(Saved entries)
[Start of section]
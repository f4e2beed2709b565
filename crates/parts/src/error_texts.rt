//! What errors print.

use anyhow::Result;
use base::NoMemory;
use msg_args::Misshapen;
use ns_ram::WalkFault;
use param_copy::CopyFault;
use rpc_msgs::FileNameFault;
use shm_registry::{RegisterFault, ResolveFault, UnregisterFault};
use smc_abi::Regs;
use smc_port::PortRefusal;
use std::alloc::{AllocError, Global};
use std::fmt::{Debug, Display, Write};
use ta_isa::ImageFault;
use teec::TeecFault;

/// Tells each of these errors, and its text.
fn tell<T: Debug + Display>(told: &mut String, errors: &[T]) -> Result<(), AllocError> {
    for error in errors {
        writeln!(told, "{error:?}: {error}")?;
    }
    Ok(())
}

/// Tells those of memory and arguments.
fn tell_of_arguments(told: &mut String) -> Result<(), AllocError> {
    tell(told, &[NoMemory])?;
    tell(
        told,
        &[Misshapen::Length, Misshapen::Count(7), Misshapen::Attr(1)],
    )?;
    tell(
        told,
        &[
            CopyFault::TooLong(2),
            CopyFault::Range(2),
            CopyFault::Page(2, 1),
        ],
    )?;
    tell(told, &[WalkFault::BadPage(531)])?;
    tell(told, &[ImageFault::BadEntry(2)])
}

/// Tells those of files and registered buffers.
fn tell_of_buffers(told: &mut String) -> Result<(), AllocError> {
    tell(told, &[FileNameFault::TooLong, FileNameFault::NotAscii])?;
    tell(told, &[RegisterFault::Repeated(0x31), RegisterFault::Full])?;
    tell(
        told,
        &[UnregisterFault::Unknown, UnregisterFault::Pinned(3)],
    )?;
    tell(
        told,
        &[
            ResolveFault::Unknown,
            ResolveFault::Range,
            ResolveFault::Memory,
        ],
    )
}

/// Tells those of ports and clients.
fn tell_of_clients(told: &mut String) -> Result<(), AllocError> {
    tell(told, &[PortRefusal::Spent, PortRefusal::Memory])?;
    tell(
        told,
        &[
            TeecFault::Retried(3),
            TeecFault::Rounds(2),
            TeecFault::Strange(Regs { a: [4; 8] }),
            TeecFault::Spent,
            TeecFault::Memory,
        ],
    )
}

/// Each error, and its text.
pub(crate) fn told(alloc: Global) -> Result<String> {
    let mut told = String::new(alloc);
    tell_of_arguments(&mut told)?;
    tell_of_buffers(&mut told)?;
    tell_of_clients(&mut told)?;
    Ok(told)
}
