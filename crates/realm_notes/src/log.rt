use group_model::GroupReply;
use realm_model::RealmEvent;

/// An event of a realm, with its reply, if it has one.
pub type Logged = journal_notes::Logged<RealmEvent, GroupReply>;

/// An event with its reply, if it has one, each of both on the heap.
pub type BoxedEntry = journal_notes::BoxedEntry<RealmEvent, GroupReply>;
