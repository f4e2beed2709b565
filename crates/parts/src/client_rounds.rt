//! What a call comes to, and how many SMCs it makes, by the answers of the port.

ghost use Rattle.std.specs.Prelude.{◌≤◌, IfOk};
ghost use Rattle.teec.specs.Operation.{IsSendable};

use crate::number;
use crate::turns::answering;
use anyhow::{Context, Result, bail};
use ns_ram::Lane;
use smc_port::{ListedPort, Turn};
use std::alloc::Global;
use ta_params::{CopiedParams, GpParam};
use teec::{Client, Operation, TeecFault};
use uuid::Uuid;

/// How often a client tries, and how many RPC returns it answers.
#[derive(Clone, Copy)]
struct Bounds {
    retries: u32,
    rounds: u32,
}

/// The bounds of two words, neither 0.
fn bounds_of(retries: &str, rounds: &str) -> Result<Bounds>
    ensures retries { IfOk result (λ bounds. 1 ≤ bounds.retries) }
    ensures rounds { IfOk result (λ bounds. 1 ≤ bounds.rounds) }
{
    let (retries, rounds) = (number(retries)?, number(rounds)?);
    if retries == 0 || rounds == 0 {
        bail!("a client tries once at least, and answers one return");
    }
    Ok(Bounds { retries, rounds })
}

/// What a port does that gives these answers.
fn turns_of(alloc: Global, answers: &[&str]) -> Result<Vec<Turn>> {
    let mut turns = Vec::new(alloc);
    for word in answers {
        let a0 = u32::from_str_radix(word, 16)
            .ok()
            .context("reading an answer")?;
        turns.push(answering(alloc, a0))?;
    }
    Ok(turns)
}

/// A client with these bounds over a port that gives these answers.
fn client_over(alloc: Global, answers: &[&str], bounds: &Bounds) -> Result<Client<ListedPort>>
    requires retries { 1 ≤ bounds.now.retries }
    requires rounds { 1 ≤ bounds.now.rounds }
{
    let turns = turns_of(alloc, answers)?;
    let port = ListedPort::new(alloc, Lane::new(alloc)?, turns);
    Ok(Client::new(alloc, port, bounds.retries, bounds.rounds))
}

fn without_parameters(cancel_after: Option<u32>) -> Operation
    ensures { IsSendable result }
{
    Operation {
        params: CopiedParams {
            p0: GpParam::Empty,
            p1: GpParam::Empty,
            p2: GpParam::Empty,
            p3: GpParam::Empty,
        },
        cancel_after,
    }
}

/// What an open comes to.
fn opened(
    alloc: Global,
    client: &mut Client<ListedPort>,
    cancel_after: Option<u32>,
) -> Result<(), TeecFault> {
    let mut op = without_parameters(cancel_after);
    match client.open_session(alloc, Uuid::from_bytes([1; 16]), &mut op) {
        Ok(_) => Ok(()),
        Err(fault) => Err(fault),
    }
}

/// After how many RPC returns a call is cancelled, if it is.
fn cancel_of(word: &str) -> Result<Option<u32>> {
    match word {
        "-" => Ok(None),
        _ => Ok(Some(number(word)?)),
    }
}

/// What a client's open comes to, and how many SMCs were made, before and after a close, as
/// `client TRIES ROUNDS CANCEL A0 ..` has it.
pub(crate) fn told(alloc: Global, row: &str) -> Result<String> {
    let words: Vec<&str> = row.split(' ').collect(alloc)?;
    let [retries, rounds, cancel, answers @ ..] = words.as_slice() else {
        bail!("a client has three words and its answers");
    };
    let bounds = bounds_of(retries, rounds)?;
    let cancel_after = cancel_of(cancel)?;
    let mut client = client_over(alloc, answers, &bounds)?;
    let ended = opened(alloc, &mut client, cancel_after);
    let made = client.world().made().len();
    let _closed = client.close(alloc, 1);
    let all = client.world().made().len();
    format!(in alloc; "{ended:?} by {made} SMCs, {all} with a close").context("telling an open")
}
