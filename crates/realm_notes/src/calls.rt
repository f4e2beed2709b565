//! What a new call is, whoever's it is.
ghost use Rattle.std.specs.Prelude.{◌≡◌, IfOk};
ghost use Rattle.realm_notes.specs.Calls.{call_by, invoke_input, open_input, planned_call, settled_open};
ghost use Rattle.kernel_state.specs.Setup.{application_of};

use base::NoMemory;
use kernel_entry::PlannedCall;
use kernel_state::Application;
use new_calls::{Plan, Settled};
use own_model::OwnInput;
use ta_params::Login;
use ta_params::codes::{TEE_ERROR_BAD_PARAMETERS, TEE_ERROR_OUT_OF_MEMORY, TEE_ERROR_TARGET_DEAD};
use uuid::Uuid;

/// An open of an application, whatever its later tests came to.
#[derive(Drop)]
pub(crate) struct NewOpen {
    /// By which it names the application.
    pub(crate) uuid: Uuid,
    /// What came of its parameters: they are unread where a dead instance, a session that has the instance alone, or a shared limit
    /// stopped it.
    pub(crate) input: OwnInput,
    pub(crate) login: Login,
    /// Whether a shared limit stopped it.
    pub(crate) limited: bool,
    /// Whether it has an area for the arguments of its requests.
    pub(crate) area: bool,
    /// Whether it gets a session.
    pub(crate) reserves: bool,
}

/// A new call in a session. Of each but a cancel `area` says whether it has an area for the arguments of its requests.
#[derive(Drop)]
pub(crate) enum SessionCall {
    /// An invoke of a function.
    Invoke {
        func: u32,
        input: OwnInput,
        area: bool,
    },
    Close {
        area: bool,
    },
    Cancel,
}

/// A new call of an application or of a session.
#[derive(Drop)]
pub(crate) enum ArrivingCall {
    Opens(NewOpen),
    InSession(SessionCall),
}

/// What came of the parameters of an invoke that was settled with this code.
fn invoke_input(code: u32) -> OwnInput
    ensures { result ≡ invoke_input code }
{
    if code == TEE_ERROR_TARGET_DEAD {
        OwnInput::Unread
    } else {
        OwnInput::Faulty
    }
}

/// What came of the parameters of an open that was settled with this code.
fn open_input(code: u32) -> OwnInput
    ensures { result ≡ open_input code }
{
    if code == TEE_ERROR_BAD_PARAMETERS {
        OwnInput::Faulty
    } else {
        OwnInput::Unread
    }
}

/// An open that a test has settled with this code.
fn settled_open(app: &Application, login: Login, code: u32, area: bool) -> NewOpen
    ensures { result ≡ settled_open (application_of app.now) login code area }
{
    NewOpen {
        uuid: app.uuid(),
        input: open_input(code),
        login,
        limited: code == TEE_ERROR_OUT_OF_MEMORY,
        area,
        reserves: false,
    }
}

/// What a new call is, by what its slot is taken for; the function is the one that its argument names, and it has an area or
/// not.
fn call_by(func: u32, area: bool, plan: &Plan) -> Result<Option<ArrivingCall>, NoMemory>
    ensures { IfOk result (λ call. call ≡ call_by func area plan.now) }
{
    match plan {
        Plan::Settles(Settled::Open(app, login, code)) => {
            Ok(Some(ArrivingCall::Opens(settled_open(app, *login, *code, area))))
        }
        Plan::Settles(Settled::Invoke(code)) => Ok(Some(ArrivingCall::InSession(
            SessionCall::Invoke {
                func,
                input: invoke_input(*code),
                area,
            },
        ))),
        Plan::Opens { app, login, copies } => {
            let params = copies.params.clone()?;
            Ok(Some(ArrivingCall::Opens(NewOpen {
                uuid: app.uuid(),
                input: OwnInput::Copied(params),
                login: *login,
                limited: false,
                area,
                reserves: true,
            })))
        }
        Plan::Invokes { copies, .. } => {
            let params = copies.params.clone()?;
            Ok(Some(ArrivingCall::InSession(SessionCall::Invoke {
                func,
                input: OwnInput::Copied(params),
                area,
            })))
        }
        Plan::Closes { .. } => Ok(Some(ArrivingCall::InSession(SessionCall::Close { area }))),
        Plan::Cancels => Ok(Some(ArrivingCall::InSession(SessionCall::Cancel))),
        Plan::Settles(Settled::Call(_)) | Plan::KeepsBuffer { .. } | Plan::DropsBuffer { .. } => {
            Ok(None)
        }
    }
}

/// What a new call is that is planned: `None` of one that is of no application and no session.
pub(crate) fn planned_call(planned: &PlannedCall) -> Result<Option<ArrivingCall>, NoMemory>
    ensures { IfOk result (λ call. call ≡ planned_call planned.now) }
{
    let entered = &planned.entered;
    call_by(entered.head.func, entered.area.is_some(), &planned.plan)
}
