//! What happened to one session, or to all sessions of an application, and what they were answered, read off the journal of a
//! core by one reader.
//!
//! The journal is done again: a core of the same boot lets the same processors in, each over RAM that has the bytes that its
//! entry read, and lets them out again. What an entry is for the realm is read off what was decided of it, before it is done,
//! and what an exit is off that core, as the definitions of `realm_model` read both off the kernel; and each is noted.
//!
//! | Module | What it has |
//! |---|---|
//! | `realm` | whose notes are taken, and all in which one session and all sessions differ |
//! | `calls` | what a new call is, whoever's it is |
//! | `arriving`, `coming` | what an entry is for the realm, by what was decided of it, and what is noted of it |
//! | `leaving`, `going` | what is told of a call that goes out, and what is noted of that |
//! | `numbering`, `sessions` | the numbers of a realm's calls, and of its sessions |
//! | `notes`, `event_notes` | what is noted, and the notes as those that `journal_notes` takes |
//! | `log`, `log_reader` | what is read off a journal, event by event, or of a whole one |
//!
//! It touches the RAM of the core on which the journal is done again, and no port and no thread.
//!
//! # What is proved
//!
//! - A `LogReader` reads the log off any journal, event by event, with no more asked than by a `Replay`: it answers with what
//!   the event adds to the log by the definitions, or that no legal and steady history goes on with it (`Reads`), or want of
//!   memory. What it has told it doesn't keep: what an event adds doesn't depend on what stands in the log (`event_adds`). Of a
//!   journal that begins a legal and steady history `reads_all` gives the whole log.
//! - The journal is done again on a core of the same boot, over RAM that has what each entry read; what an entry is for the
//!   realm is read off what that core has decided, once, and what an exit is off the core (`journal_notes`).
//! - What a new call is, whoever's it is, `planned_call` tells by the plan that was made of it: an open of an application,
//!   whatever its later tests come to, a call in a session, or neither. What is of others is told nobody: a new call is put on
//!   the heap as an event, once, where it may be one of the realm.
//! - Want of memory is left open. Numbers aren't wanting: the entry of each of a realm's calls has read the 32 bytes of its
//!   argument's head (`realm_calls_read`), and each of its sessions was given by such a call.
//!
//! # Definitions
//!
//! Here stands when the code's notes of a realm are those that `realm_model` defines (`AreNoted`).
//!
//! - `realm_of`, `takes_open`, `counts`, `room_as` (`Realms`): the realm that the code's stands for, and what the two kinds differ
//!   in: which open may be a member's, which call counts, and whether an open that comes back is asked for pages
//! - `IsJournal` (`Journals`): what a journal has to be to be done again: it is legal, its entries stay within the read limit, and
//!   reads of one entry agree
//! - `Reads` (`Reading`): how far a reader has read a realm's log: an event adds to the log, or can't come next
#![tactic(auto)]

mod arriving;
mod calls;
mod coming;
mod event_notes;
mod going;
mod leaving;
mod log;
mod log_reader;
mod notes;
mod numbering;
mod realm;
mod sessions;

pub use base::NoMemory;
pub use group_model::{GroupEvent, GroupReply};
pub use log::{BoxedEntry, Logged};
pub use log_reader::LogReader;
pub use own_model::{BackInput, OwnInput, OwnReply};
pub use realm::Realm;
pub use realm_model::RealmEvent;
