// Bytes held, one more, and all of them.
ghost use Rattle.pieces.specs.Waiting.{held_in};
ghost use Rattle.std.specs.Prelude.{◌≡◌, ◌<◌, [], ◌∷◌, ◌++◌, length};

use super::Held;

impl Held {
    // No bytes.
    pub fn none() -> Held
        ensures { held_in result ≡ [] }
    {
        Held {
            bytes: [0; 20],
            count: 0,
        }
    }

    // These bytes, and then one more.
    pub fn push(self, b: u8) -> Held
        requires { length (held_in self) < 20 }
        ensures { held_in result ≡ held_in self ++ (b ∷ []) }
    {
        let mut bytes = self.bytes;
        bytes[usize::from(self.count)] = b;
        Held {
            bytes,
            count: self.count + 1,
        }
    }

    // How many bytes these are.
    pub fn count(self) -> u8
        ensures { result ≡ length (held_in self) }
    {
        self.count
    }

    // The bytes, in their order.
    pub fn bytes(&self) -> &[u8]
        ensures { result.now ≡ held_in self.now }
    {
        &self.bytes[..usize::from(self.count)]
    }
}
[End of section]
§ Exercise directions: Copy out each line of the entries that holds "tests".

§ Output below:
/// An open of an application, whatever its later tests came to.
//!   whatever its later tests come to, a call in a session, or neither. What is of others is told nobody: a new call is put on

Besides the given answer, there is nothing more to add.